#### [Available records]
[Start of section]
// Which begin pays for which end.

ghost use Rattle.std.specs.Prelude.{◌<◌, ◌^◌, IfOk, length, map};
ghost use Rattle.spi_run.specs.View.{event};
ghost use Rattle.spi_trace.specs.Pairing.{IsPairing};

use crate::NoMemory;
use crate::labels::number_labels;
use crate::queue::{empty, pay};
use spi_run::Event;
use std::alloc::Global;

/// For each event the place of the begin that pays for it, counted from 0. A begin has none.
#[derive(Drop)]
pub struct Pairing {
    pub from: Vec<Option<u32>>,
}

/// The pairing of events. An end has the earliest begin before it with its label that no earlier end has, and None
/// just where there is none. An endmany has the earliest begin before it with its label, and None just where there
/// is none. The time is linear in the events and the nodes of their labels. Its only error is NoMemory.
pub fn pair_up(alloc: Global, events: &[Event]) -> Result<Pairing, NoMemory>
    requires { length events.now < 2 ^ 32 }
    ensures { IfOk result (λ pairing. IsPairing (map event events.now) pairing.from.items) }
{
    let labels = number_labels(alloc, events)?;
    let mut queues = empty(alloc, labels.bound)?;
    let mut from = Vec::new(alloc);
    for place in 0..events.len() {
        let number = labels.numbers[place];
        let begin = pay(&mut queues, number, &events[place], place as u32)?;
        from.push(begin)?;
    }
    Ok(Pairing { from })
}
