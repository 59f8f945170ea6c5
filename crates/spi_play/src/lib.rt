//! Plays: players pick the steps that a pool takes.
#![tactic(auto)]

mod cursor;
mod laws;
mod player;
mod plays;
mod scripted;
mod turns;

pub use laws::{play_runs, turns_fit};
pub use player::{Menu, Pick, Player};
pub use plays::{Ended, PlayFault, Played, play};
pub use scripted::Scripted;
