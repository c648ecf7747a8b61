// The program: does what its arguments ask for, and answers its exit status.
#![tactic(auto)]

ghost use Rattle.std.specs.Prelude.{◌≡◌};
ghost use Rattle.ulz.specs.Ends.{Ends, for_c};

use commands::Command;
use files::arguments::{Call, PATH_MAX, argument, called};
use files::locking::lock_argument;
use output::page::Page;
use output::status::{Answer, ended};
use std::process::ExitCode;

// Neither answered nor refused.
const ELSE: i32 = 2;

// The status as C takes it; all else is 2, which `i32::from` would hand on.
fn for_c(status: u8) -> i32
    ensures { result ≡ for_c status }
{
    if status == 0 {
        return 0;
    }
    if status == 1 {
        return 1;
    }
    ELSE
}

// The journal that a call of `take` names; of a call that is wrong in its words nobody knows what it names.
fn journal_to_take(rt: &HostRuntime, call: &Call) -> Option<usize> {
    if call.long.is_some() | call.unknown.is_some() {
        return None;
    }
    let mut room = [0u8; PATH_MAX];
    let word = argument(rt, call.command()?, &mut room);
    match Command::named(word)? {
        Command::Take => call.operand(1),
        _ => None,
    }
}

// What `main` calls and returns. The status is told last, when it is known whether all lines were written.
pub fn ulz_program(rt: HostRuntime) -> i32
    ensures { Ends result }
{
    let mut page = Page::blank(rt);
    let call = called(&rt);
    let a = obeying::calls::answer(&mut page, &call).unwrap_or(Answer::Failed);
    for_c(ended(&mut page, call.status, a))
}

// Two takes of one journal go one after the other, or both would be tested against the same journal, and the later one could put an
// entry there that is not allowed any more. So a take locks the journal until the process ends.
fn main(rt: HostRuntime) -> ExitCode {
    let call = called(&rt);
    let _locked = lock_argument(&rt, journal_to_take(&rt, &call));
    ExitCode::from(ulz_program(rt) as u8)
}
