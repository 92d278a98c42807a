// Pieces of text, each written over a slice from a place on; the place after it comes back.
ghost use Rattle.std.specs.Prelude.{◌≡◌, [], ◌∷◌, ◌+◌, ◌≤◌, ◌<◌, length};
ghost use Rattle.report.specs.Decimal.{decimal};
ghost use Rattle.report.specs.Private.{splice};
ghost use Rattle.report.specs.Text.{named, bits_text, line_text};

// One byte.
pub(crate) fn put_byte(out: &mut [u8], at: usize, b: u8) -> usize
    requires { at < length out.old }
    ensures value { result ≡ at + 1 }
    ensures out_after { out.new ≡ splice out.old at (b ∷ []) }
{
    out[at] = b;
    at + 1
}

// All bytes of a slice.
#[tactic(auto, unfolding(crate::specs::Private::splice))]
pub(crate) fn put(out: &mut [u8], at: usize, src: &[u8]) -> usize
    requires { at + length src.now ≤ length out.old }
    ensures value { result ≡ at + length src.now }
    ensures out_after { out.new ≡ splice out.old at src.now }
{
    let end = at + src.len();
    out[at..end].copy_from_slice(src);
    end
}

// The characters of a row of bits.
fn put_bits(out: &mut [u8], at: usize, bits: &[u8]) -> usize
    requires { at + length bits.now ≤ length out.old }
    ensures value { result ≡ at + length bits.now }
    ensures out_after { out.new ≡ splice out.old at (bits_text bits.now) }
{
    for (i, bit) in bits.iter().enumerate() {
        out[at + i] = b'0' + (*bit != 0) as u8;
    }
    at + bits.len()
}

// A number in decimal.
fn put_number(out: &mut [u8], at: usize, n: usize) -> usize
    requires { at + length (decimal n) ≤ length out.old }
    ensures value { result ≡ at + length (decimal n) }
    ensures out_after { out.new ≡ splice out.old at (decimal n) }
{
    if n < 10 {
        return put_byte(out, at, b'0' + n as u8);
    }
    let next = put_number(out, at, n / 10);
    put_byte(out, next, b'0' + (n % 10) as u8)
}

// A word and the number that it names, which has at most 20 digits.
pub(crate) fn put_named(out: &mut [u8], at: usize, word: &[u8], n: usize) -> usize
    requires { at + length word.now + 20 ≤ length out.old }
    ensures value { result ≡ at + length (named word.now n) }
    ensures out_after { out.new ≡ splice out.old at (named word.now n) }
{
    let next = put(out, at, word);
    put_number(out, next, n)
}

// A line of the table.
pub(crate) fn put_line(out: &mut [u8], at: usize, ins: &[u8], outs: &[u8]) -> usize
    requires { at + length ins.now + length outs.now + 2 ≤ length out.old }
    ensures value { result ≡ at + length (line_text ins.now outs.now) }
    ensures out_after { out.new ≡ splice out.old at (line_text ins.now outs.now) }
{
    let a = put_bits(out, at, ins);
    let b = put_byte(out, a, b' ');
    let c = put_bits(out, b, outs);
    put_byte(out, c, b'\n')
}
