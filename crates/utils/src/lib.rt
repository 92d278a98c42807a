#![tactic(auto)]
// Doubles and the torus (src/utils.rs): words of 32 bits that count 2^-32 of a turn.
ghost use Rattle.std.specs.Prelude.{◌≡◌, false, length};
ghost use Rattle.std.specs.Float.Ieee.Exact.{HasValue};
ghost use Rattle.ring.specs.Word.{Q};
ghost use Rattle.params.specs.Refusal.{answer, outcome, if_done};
ghost use Rattle.utils.specs.Torus.{word, words_of_doubles, vec_number};
ghost use Rattle.utils.specs.Private.{IsFraction, IsScaledFraction};

use params::Refusal;
use std::num::truncating_f64_to_u64;

/// A word: it counts 2^-32 of a turn (`Torus` of src/params.rs).
#[derive(Clone, Copy)]
pub struct Torus(pub u32);

/// A rotation amount: it counts steps of a 2N-th of a turn (`a_tilda` of src/trgsw.rs). Both are numbers of 32 bits, and one turn is 2^32 of the
/// first and 2N of the second, so they are two types: neither may stand where the other is wanted (01, params and utils).
#[derive(Clone, Copy)]
pub struct Amount(pub u32);

// d % 1.0: the fraction of d, with d's sign, and nothing is rounded. `%` itself would ask for a newer C library where Rattle's own compiler makes
// the program (fmod). `fract` gives 0 for a whole d of either sign, and so the sign is put back. A NaN has none that may be read.
fn fraction(d: f64) -> f64
    ensures { IsFraction d result }
{
    if d.is_nan() {
        return d;
    }
    d.fract().copysign(d)
}

// 2^32 times that fraction: nothing is rounded here either.
fn scaled_fraction(d: f64) -> f64
    ensures { IsScaledFraction d result }
{
    fraction(d) * 4294967296.0
}

/// The word of a double: the fraction of d, times 2^32, cut toward zero, modulo 2^32. A NaN and the infinities give 0.
/// The Rust cuts to a signed number. Here the size is cut and the word negated where d is negative, which is the same cut.
pub fn f64_to_torus(d: f64) -> Torus
    ensures { result.0 ≡ word d }
{
    let p = scaled_fraction(d);
    if p.is_nan() {
        Torus(0)
    } else if p < 0.0 {
        Torus(ring::negated(truncating_f64_to_u64(-p) as u32))
    } else {
        Torus(truncating_f64_to_u64(p) as u32)
    }
}

/// t / 2^32, exactly: the fraction of a turn that the word stands for.
pub fn torus_to_f64(t: Torus) -> f64
    ensures { HasValue result false t.0 Q }
{
    f64::from(t.0) / 4294967296.0
}

/// The word of each double of d into the same place of out. Refused with 2, and nothing is written, where their lengths differ.
#[tactic(auto, using(ring::proofs::Tab::tab_none, ring::proofs::Tab::tab_more))]
pub fn f64_to_torus_vec(d: &[f64], out: &mut [u32]) -> Result<(), Refusal>
    ensures said { result ≡ outcome (answer (vec_number (length d.now) (length out.old))) }
    ensures written { out.new ≡ if_done (vec_number (length d.now) (length out.old)) (words_of_doubles d.now) out.old }
{
    Refusal::Length.unless(d.len() == out.len())?;
    for (i, x) in d.iter().enumerate() {
        out[i] = f64_to_torus(*x).0;
    }
    Ok(())
}
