// The lines of the text.
ghost use Rattle.std.specs.Prelude.{◌≡◌, ◌+◌, ◌/◌, ◌%◌, ◌^◌, ◌≤◌, ◌<◌, length};
ghost use Rattle.ring.specs.Sums.{tab};
ghost use Rattle.circuit.specs.Form.{inputs, outputs, answer_of};
ghost use Rattle.circuit.specs.Private.{refusal};
ghost use Rattle.circuit.specs.Plain.{work_of};
ghost use Rattle.report.specs.Private.{splice};
ghost use Rattle.report.specs.Text.{counts_text, head_text, refused_text, refused_room, row_text, rows_to, text_of};

use crate::text::{put_byte, put_line, put_named};

// A refusal's line.
pub(crate) fn put_refused(out: &mut [u8], number: u32, place: usize) -> usize
    requires { refused_room ≤ length out.old }
    ensures value { (result ≡ length (refused_text (refusal number place))) × (result ≤ refused_room) }
    ensures out_after { out.new ≡ splice out.old 0 (refused_text (refusal number place)) }
{
    let a = put_named(out, 0, b"refused ", number as usize);
    let b = put_named(out, a, b" at ", place);
    put_byte(out, b, b'\n')
}

// Version, inputs and gates.
fn put_counts(bytes: &[u8], out: &mut [u8]) -> usize
    requires { ((answer_of bytes.now).number ≡ 0) × (128 ≤ length out.old) }
    ensures value { result ≡ length (counts_text bytes.now) }
    ensures out_after { out.new ≡ splice out.old 0 (counts_text bytes.now) }
{
    let counts = circuit::counts(bytes);
    let a = put_named(out, 0, b"EGL ", counts.version);
    let b = put_named(out, a, b" inputs ", counts.inputs);
    put_named(out, b, b" gates ", counts.gates)
}

// Line 1.
fn put_head(bytes: &[u8], work: u32, out: &mut [u8]) -> usize
    requires { ((answer_of bytes.now).number ≡ 0) × (work ≡ work_of bytes.now) × (128 ≤ length out.old) }
    ensures value { result ≡ length (head_text bytes.now) }
    ensures out_after { out.new ≡ splice out.old 0 (head_text bytes.now) }
{
    let counts = circuit::counts(bytes);
    let a = put_counts(bytes, out);
    let b = put_named(out, a, b" outputs ", counts.outputs);
    let c = put_named(out, b, b" work ", work as usize);
    put_byte(out, c, b'\n')
}

// 2^i as a count.
fn two_to(i: usize) -> usize
    requires { i ≤ 4 }
    ensures { result ≡ 2 ^ i }
{
    ring::power(i as u32) as usize
}

// The input bits of row r.
#[tactic(auto, using(ring::proofs::Tab::tab_none, ring::proofs::Tab::tab_more))]
fn row_inputs(r: usize, ins: &mut [u8])
    requires { length ins.old ≤ 4 }
    ensures { ins.new ≡ tab (length ins.old) (λ i. r / 2 ^ i % 2) }
{
    for i in 0..ins.len() {
        ins[i] = (r / two_to(i) % 2) as u8;
    }
}

// Row r of the table, over slices for its bits.
fn put_row_over(
    bytes: &[u8],
    r: usize,
    ins: &mut [u8],
    outs: &mut [u8],
    out: &mut [u8],
    at: usize,
) -> usize
    requires bytes_value { ((answer_of bytes.now).number ≡ 0) × (inputs bytes.now ≤ 4) × (outputs bytes.now ≤ 64) }
    requires ins_len { (length ins.old ≡ inputs bytes.now) × (length outs.old ≡ outputs bytes.now) × (at + 70 ≤ length out.old) }
    ensures value { result ≡ at + length (row_text bytes.now r) }
    ensures out_after { out.new ≡ splice out.old at (row_text bytes.now r) }
{
    row_inputs(r, ins);
    // a valid circuit on slices of its lengths is not refused
    let _ = circuit::run_plain(bytes, ins, outs);
    put_line(out, at, ins, outs)
}

// Row r of the table.
fn put_row(bytes: &[u8], r: usize, out: &mut [u8], at: usize) -> usize
    requires { ((answer_of bytes.now).number ≡ 0) × (inputs bytes.now ≤ 4) × (outputs bytes.now ≤ 64) × (at + 70 ≤ length out.old) }
    ensures value { result ≡ at + length (row_text bytes.now r) }
    ensures out_after { out.new ≡ splice out.old at (row_text bytes.now r) }
{
    let counts = circuit::counts(bytes);
    let n = counts.inputs;
    let m = counts.outputs;
    let mut ins = [0u8; 80];
    let mut outs = [0u8; 80];
    put_row_over(bytes, r, &mut ins[..n], &mut outs[..m], out, at)
}

// The table.
fn put_rows(bytes: &[u8], out: &mut [u8], at: usize) -> usize
    requires { ((answer_of bytes.now).number ≡ 0) × (inputs bytes.now ≤ 4) × (outputs bytes.now ≤ 64) × (at + 1120 ≤ length out.old) }
    ensures value { result ≡ at + length (rows_to bytes.now (2 ^ inputs bytes.now)) }
    ensures out_after { out.new ≡ splice out.old at (rows_to bytes.now (2 ^ inputs bytes.now)) }
{
    let counts = circuit::counts(bytes);
    let rows = two_to(counts.inputs);
    let mut to = at;
    for r in 0..rows {
        to = put_row(bytes, r, out, to);
    }
    to
}

// The whole text.
pub(crate) fn put_text(bytes: &[u8], out: &mut [u8]) -> usize
    requires { length out.old ≡ 1280 }
    ensures value { (result ≡ length (text_of bytes.now)) × (result ≤ 1280) }
    ensures out_after { out.new ≡ splice out.old 0 (text_of bytes.now) }
{
    let work = match circuit::work(bytes) {
        Ok(work) => work,
        Err(refusal) => return put_refused(out, refusal.number(), refusal.place()),
    };
    let a = put_head(bytes, work, out);
    let counts = circuit::counts(bytes);
    if 4 < counts.inputs {
        return a;
    }
    put_rows(bytes, out, a)
}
[End of section]
#### [Problem to solve]
Would you print exactly the lines from the first line of the entries above through the line that has "let number = labels.numbers[place];", both included, and stop there?

#### [Written reply]
// Which begin pays for which end.

ghost use Rattle.std.specs.Prelude.{◌<◌, ◌^◌, IfOk, length, map};
ghost use Rattle.spi_run.specs.View.{event};
ghost use Rattle.spi_trace.specs.Pairing.{IsPairing};

use crate::NoMemory;
use crate::labels::number_labels;
use crate::queue::{empty, pay};
use spi_run::Event;
use std::alloc::Global;

/// For each event the place of the begin that pays for it, counted from 0. A begin has none.
#[derive(Drop)]
pub struct Pairing {
    pub from: Vec<Option<u32>>,
}

/// The pairing of events. An end has the earliest begin before it with its label that no earlier end has, and None
/// just where there is none. An endmany has the earliest begin before it with its label, and None just where there
/// is none. The time is linear in the events and the nodes of their labels. Its only error is NoMemory.
pub fn pair_up(alloc: Global, events: &[Event]) -> Result<Pairing, NoMemory>
    requires { length events.now < 2 ^ 32 }
    ensures { IfOk result (λ pairing. IsPairing (map event events.now) pairing.from.items) }
{
    let labels = number_labels(alloc, events)?;
    let mut queues = empty(alloc, labels.bound)?;
    let mut from = Vec::new(alloc);
    for place in 0..events.len() {
        let number = labels.numbers[place];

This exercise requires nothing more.